Implemented text file compression using LZW compresion technique.
The LZW algorithm is a very common compression technique.
This algorithm is typically used in GIF and optionally
in PDF and TIFF. Unix’s ‘compress’ command, among other uses.
It is lossless, meaning no data is lost when compressing.
The algorithm is simple to implement and has the potential
for very high throughput in hardware implementations.
It is the algorithm of the widely used Unix file
compression utility compress, and is used in the GIF image format.
- Compress and Decompress Text files.
- Compressed file is binary file with .bin extension.
- Compress and decompress all the files inside the folder when folder name is given as input.
- Decompresses only those files that are compressed by this project.
Here we have tried to implement LZW with dynamic bits size .
The basic algorithm description only mentions "output the index to the result" without specifying how exactly those index values should be written to the result.
Naturally the most space-efficient way of writing them is to write only as many bits for each index as is necessary. If, for example, our maximum bitsize of the dictionary is 16, then the index values should be written as 16-bit integers to the output (thus taking 2 bytes per index).

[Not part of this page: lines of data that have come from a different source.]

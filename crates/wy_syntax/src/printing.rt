//! The canonical form of a tree (docs/LANGUAGE.md, "Canonical form").
ghost use Rattle.std.specs.Prelude.{◌≡◌, IfOk};
ghost use Rattle.wy_syntax.specs.Views.{file_tree};
ghost use Rattle.wy_syntax.specs.Canonical.{canonical_form};

mod expressions;
mod items;
mod output;
mod pieces;
mod statements;
mod types;

use crate::items::Tree;
use crate::printing::items::push_items;
use crate::printing::output::Output;
use std::alloc::Global;
use wy_text::text::{Memory, Text};

/// The canonical form of a file's tree. Only want of memory refuses it.
pub fn print(alloc: Global, tree: &Tree) -> Result<Text, Memory>
    ensures { IfOk result (λ text. text ≡ canonical_form (file_tree tree.now)) }
{
    let mut out = Output::new(alloc);
    push_items(&mut out, &tree.items);
    out.into_text()
}
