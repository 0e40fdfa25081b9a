use crate::statements::{Part, Tail};
use crate::types::{Name, NameList, ParamList, SetUse, Signature};
use wy_text::fault::Place;
use wy_text::list::Items;

/// A member of a type declaration: an abstract effect, one with an upper bound, a defined one, or a method.
#[derive(Drop)]
pub enum Member {
    Abstract(Name),
    Bounded(Name, SetUse),
    Defined(Name, SetUse),
    Method(Signature),
}

/// A line: the name that it gives, the module that it names and its arguments; behind an import stands
/// its bound.
#[derive(Drop)]
pub enum Line {
    Instance(Name, Name, NameList),
    Import(Name, Name, NameList, SetUse),
}

/// The definition of an abstract member of the type that a module is sealed at.
#[derive(Drop)]
pub struct Define {
    pub name: Name,
    pub effect: SetUse,
}

/// The line that declares the effect of a module's field initialisers, with the place of its `init`.
#[derive(Drop)]
pub struct Init {
    pub place: Place,
    pub effect: SetUse,
}

/// A grant and its primitive type.
#[derive(Drop)]
pub struct Grant {
    pub name: Name,
    pub kind: Name,
}

/// What stands inside a pure or a resource module.
#[derive(Drop)]
pub struct Inside {
    pub uses: NameList,
    pub lines: Items<Line>,
    pub defines: Items<Define>,
    pub init: Option<Init>,
    pub parts: Vec<Part>,
}

/// `type`, with the place of that word.
#[derive(Drop)]
pub struct TypeDecl {
    pub place: Place,
    pub name: Name,
    pub members: Items<Member>,
}

/// `module`, with the place of that word.
#[derive(Drop)]
pub struct PureModule {
    pub place: Place,
    pub name: Name,
    pub sealed: Name,
    pub inside: Inside,
}

/// `resource module`, with the place of `resource`.
#[derive(Drop)]
pub struct ResourceModule {
    pub place: Place,
    pub name: Name,
    pub params: ParamList,
    pub sealed: Name,
    pub inside: Inside,
}

/// `plain module`, with the place of `plain`.
#[derive(Drop)]
pub struct PlainModule {
    pub place: Place,
    pub name: Name,
    pub params: ParamList,
    pub sealed: Name,
    pub parts: Vec<Part>,
}

/// `program`, with the place of that word, and that of its `run`.
#[derive(Drop)]
pub struct Program {
    pub place: Place,
    pub grants: Items<Grant>,
    pub uses: NameList,
    pub lines: Items<Line>,
    pub run: Place,
    pub effect: SetUse,
    pub body: Tail,
}

/// An item of a file. Its place is that of its first token.
#[derive(Drop)]
pub enum Item {
    Type(TypeDecl),
    Pure(PureModule),
    Resource(ResourceModule),
    Plain(PlainModule),
    Program(Program),
}

/// A file's items, in order (docs/LANGUAGE.md, "Grammar").
#[derive(Drop)]
pub struct Tree {
    pub items: Vec<Item>,
}
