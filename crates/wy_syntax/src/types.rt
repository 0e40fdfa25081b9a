use wy_text::fault::Place;
use wy_text::list::Items;
use wy_text::text::Text;

/// A name where it is written, with the place of its word.
#[derive(Drop)]
pub struct Name {
    pub text: Text,
    pub place: Place,
}

/// Names with commas between, as the arguments of a line.
pub type NameList = Items<Name>;

/// An atom in a set: a member by itself, or an owner and its member, as `E` and `x.E`.
#[derive(Drop)]
pub struct AtomUse {
    pub owner: Option<Name>,
    pub member: Name,
}

/// A set in braces, as it is written (docs/LANGUAGE.md, "Grammar").
pub type SetUse = Items<AtomUse>;

/// A member and the set that is put in its place, as `E = {x.F}` in `N[E = {x.F}]`.
#[derive(Drop)]
pub struct MemberSet {
    pub name: Name,
    pub effect: SetUse,
}

/// A type where it is written: a base type with the place of its word, a declared type by itself, one
/// with sets for its members, or one with a set for all of them (docs/LANGUAGE.md, "Grammar"). In a
/// plain module only base types and bare names are written.
#[derive(Drop)]
pub enum TypeUse {
    Int(Place),
    Bool(Place),
    Text(Place),
    Unit(Place),
    Bare(Name),
    With(Name, Items<MemberSet>),
    At(Name, SetUse),
}

/// A parameter and its type.
#[derive(Drop)]
pub struct Param {
    pub name: Name,
    pub type_use: TypeUse,
}

/// Parameters with commas between.
pub type ParamList = Items<Param>;

/// What stands before a method's body, or alone in a type declaration: the place of its `def`, the
/// method's name, its parameters, its effect and its result. In a plain module, and there alone, no
/// effect is written.
#[derive(Drop)]
pub struct Signature {
    pub place: Place,
    pub name: Name,
    pub params: ParamList,
    pub effect: Option<SetUse>,
    pub result: TypeUse,
}
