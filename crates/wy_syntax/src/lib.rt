//! Trees of a file's items, what spells them, and how they are printed.
#![tactic(auto)]

pub mod expressions;
pub mod items;
pub mod printing;
pub mod statements;
pub mod types;
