use crate::expressions::Expr;
use crate::types::{Name, Signature, TypeUse};
use wy_text::fault::Place;

/// Whether a field is fixed once it is set, by the word that begins it.
#[derive(Clone, Copy, PartialEq, Eq)]
pub enum FieldKind {
    Val,
    Var,
}

/// What stands behind an equals sign, or alone as a statement.
#[derive(Drop)]
#[cycle(statements)]
pub enum Rhs {
    /// `new` with its fields and methods; the place is that of `new`.
    New(Place, Vec<Part>),
    /// `if` with a block on each side; the place is that of `if`.
    Branch(Place, Expr, Vec<Stmt>, Vec<Stmt>),
    /// An expression, which may be a choice.
    Value(Expr),
}

/// A statement. The mark of a `val` and of an assignment is its name's place.
#[derive(Drop)]
#[cycle(statements)]
pub enum Stmt {
    Val(Name, Option<TypeUse>, Rhs),
    Assign(Name, Rhs),
    Run(Rhs),
}

/// A field or a method, of a module or of a literal.
#[derive(Drop)]
#[cycle(statements)]
pub enum Part {
    Field(FieldKind, Name, TypeUse, Rhs),
    Method(Signature, Tail),
}

/// A body: behind an equals sign in the same line, or a block of its own.
#[derive(Drop)]
#[cycle(statements)]
pub enum Tail {
    Short(Rhs),
    Long(Vec<Stmt>),
}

However, it should be noted that every index value written to the output has a maximum value of the size of the dictionary at that point. In other words, if our dictionary contains eg. only 350 entries so far, the next index written to the output will be between 0 and 350. Thus if we write that value using 16 bits, the highest 7 bits of that value will always be 0. This is, naturally, a waste of space.
Dynamic LZW (which is used eg. in the GIF format) only writes as many bits as the current dictionary size requires. In other words, if the current dictionary size is 350 elements, then the index value will be written as a 9-bit integer (instead of eg. a 16-bit one). When the element with index 511 is added to the dictionary then the output bitsize is incremented by one, ie. all indices will now by written as 10-bit integers.
Clone the repository on your machine.
- Open Terminal and change directory to the project directory.
- Type command ' make all' which will compile the required files and generate executable file.
- project -[cd] -i input file/folder name -o output file/folder name.
- -c specifies the option of compression.
- -d specifies the option of decompression.
- Using this program we can compress text files upto size 20kB.
- You can refer to results.txt file to get the information about results obtained.